Data records

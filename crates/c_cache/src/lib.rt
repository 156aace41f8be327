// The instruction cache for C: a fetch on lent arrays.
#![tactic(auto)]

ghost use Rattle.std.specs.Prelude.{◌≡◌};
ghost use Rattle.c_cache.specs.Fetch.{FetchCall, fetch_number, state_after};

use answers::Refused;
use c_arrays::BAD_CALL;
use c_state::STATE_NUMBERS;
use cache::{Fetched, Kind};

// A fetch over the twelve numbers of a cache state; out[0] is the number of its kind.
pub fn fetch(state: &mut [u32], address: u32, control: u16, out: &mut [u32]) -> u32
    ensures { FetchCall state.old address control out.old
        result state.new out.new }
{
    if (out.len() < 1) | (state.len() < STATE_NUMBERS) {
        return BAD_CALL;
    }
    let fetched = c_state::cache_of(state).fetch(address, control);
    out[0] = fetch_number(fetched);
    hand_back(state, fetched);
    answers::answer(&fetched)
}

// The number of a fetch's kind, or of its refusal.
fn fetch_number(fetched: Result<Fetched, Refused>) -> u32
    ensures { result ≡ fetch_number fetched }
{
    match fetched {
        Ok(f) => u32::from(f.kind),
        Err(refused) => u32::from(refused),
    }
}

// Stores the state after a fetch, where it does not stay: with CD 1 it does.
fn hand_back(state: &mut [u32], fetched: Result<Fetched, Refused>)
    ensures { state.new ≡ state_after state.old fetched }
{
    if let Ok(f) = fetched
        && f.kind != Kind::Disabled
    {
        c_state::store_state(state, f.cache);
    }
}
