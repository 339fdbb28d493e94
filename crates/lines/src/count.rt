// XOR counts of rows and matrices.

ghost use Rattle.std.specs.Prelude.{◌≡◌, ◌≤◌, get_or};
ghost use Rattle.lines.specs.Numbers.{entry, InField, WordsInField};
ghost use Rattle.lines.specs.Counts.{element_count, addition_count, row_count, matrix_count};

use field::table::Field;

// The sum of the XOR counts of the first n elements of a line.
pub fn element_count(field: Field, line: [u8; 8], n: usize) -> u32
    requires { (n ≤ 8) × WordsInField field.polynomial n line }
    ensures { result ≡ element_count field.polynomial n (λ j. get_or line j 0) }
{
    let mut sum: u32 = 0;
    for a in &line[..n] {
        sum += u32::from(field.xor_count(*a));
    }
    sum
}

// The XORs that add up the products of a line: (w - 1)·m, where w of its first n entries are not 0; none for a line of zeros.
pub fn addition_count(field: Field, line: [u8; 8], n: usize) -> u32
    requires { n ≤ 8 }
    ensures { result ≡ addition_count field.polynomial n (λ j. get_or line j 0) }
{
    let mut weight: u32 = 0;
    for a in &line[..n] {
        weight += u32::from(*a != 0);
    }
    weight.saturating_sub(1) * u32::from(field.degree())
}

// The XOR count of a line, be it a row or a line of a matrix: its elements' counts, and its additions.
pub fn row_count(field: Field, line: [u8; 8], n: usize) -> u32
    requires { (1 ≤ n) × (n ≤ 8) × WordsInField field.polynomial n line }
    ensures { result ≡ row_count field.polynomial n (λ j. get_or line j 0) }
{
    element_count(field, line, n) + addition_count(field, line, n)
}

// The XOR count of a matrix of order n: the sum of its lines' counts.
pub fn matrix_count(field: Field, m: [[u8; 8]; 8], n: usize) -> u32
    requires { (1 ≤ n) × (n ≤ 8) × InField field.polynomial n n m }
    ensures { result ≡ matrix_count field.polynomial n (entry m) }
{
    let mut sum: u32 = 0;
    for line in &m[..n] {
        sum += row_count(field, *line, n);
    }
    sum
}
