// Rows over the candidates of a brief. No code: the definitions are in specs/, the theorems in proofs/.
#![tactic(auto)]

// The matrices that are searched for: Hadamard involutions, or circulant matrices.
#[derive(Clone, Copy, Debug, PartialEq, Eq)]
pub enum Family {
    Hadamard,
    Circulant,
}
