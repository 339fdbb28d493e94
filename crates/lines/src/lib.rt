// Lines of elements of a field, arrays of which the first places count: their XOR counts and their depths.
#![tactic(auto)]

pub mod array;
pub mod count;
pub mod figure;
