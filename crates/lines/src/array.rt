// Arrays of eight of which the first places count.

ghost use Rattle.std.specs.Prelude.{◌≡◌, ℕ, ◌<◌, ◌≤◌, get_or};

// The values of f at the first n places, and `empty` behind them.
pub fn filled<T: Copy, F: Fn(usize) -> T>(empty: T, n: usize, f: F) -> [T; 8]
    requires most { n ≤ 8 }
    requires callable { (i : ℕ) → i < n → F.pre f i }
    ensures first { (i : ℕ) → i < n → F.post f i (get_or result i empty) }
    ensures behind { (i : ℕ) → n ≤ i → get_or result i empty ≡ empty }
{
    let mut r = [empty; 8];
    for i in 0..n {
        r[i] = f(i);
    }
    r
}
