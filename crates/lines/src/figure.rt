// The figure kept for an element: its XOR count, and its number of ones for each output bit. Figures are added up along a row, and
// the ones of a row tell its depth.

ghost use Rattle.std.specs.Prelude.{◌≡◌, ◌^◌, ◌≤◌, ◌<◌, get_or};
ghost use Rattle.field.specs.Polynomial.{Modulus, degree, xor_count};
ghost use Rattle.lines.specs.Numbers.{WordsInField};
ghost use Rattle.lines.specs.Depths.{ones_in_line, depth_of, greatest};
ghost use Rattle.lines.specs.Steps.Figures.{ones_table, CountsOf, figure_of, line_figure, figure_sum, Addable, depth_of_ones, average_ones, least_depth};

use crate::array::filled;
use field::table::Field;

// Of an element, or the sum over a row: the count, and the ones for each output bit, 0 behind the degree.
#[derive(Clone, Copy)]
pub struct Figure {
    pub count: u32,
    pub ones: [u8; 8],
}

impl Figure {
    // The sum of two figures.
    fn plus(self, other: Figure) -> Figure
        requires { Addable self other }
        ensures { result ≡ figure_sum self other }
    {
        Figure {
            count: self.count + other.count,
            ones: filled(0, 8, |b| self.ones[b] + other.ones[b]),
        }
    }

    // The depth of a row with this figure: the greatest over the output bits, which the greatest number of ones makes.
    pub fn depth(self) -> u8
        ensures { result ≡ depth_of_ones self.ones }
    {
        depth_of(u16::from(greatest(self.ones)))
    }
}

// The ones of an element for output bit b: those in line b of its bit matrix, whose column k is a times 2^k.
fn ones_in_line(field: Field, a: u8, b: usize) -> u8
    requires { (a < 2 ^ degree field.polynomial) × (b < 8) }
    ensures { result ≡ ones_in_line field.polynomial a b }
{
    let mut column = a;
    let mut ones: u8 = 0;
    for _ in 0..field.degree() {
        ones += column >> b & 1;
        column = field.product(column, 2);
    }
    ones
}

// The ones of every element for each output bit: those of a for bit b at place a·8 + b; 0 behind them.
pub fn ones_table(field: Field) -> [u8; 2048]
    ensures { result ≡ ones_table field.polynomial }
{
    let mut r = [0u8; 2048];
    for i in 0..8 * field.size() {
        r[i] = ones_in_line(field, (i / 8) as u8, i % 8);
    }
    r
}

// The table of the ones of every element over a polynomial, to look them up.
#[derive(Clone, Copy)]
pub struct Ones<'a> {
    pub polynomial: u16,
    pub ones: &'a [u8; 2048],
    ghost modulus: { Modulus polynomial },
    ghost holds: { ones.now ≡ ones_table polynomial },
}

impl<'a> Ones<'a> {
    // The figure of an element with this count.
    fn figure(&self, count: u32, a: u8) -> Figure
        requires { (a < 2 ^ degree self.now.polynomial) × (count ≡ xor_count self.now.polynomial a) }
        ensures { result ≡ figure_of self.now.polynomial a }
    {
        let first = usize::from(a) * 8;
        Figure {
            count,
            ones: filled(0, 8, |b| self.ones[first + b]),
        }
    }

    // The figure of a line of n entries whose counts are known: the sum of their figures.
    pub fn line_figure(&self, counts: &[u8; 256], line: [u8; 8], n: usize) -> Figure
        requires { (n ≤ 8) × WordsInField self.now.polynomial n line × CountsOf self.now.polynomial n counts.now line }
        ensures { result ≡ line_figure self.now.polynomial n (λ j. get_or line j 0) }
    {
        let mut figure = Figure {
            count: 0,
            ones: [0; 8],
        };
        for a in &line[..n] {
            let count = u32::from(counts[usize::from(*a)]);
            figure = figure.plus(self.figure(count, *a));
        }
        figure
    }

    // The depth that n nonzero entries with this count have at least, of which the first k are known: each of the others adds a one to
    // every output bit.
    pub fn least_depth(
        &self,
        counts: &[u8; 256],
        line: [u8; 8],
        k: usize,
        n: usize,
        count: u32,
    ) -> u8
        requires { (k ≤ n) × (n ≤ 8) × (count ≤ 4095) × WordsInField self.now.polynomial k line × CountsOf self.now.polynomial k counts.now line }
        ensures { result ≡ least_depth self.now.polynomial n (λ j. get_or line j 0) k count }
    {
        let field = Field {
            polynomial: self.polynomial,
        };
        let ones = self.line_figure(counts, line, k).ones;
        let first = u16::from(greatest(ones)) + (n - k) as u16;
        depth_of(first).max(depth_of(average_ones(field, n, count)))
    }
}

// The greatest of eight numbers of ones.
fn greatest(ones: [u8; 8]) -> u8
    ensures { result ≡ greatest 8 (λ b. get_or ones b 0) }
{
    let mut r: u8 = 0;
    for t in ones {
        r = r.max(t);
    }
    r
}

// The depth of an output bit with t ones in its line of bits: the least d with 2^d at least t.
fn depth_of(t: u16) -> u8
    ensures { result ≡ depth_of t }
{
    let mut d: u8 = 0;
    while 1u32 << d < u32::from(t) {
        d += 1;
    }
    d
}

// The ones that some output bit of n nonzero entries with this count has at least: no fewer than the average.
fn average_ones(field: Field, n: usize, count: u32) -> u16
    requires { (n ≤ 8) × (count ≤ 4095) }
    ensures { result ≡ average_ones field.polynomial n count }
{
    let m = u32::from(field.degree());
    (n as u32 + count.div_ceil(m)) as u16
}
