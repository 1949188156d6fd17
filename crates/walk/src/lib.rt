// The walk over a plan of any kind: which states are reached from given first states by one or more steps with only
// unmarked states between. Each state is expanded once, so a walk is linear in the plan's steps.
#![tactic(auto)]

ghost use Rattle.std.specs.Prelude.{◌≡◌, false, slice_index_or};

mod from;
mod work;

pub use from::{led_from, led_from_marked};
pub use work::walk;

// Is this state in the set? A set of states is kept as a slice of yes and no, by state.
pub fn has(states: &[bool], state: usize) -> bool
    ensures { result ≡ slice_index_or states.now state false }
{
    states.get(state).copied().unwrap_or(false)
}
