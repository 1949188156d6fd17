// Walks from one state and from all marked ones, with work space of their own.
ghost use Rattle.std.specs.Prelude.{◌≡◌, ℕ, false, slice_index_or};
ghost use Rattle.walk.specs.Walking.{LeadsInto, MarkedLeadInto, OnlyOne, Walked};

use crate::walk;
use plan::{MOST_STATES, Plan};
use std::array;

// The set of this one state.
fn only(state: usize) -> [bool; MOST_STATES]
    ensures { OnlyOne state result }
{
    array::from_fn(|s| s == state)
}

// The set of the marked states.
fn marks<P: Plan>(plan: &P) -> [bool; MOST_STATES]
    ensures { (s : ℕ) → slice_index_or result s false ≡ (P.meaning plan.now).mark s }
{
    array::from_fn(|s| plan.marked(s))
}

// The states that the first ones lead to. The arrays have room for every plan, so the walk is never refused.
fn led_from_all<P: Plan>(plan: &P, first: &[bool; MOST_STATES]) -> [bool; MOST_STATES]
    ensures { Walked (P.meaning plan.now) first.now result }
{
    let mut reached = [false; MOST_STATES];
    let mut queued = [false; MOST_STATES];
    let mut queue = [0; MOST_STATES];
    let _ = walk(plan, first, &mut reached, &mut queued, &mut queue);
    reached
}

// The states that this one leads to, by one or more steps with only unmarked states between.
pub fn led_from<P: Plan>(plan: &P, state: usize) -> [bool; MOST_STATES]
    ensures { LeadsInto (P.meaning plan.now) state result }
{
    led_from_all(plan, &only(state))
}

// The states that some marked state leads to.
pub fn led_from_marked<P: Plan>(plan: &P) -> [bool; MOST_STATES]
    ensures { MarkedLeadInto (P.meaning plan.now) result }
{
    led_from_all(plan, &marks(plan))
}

_Assignment:_ Could you restate, word for word, the lines above from the one with "along a row, and" to the one with "let mut r = [0u8; 2048];", both included?

_Answer space:_
// The figure kept for an element: its XOR count, and its number of ones for each output bit. Figures are added up along a row, and
// the ones of a row tell its depth.

ghost use Rattle.std.specs.Prelude.{◌≡◌, ◌^◌, ◌≤◌, ◌<◌, get_or};
ghost use Rattle.field.specs.Polynomial.{Modulus, degree, xor_count};
ghost use Rattle.lines.specs.Numbers.{WordsInField};
ghost use Rattle.lines.specs.Depths.{ones_in_line, depth_of, greatest};
ghost use Rattle.lines.specs.Steps.Figures.{ones_table, CountsOf, figure_of, line_figure, figure_sum, Addable, depth_of_ones, average_ones, least_depth};

use crate::array::filled;
use field::table::Field;

// Of an element, or the sum over a row: the count, and the ones for each output bit, 0 behind the degree.
#[derive(Clone, Copy)]
pub struct Figure {
    pub count: u32,
    pub ones: [u8; 8],
}

impl Figure {
    // The sum of two figures.
    fn plus(self, other: Figure) -> Figure
        requires { Addable self other }
        ensures { result ≡ figure_sum self other }
    {
        Figure {
            count: self.count + other.count,
            ones: filled(0, 8, |b| self.ones[b] + other.ones[b]),
        }
    }

    // The depth of a row with this figure: the greatest over the output bits, which the greatest number of ones makes.
    pub fn depth(self) -> u8
        ensures { result ≡ depth_of_ones self.ones }
    {
        depth_of(u16::from(greatest(self.ones)))
    }
}

// The ones of an element for output bit b: those in line b of its bit matrix, whose column k is a times 2^k.
fn ones_in_line(field: Field, a: u8, b: usize) -> u8
    requires { (a < 2 ^ degree field.polynomial) × (b < 8) }
    ensures { result ≡ ones_in_line field.polynomial a b }
{
    let mut column = a;
    let mut ones: u8 = 0;
    for _ in 0..field.degree() {
        ones += column >> b & 1;
        column = field.product(column, 2);
    }
    ones
}

// The ones of every element for each output bit: those of a for bit b at place a·8 + b; 0 behind them.
pub fn ones_table(field: Field) -> [u8; 2048]
    ensures { result ≡ ones_table field.polynomial }
{
    let mut r = [0u8; 2048];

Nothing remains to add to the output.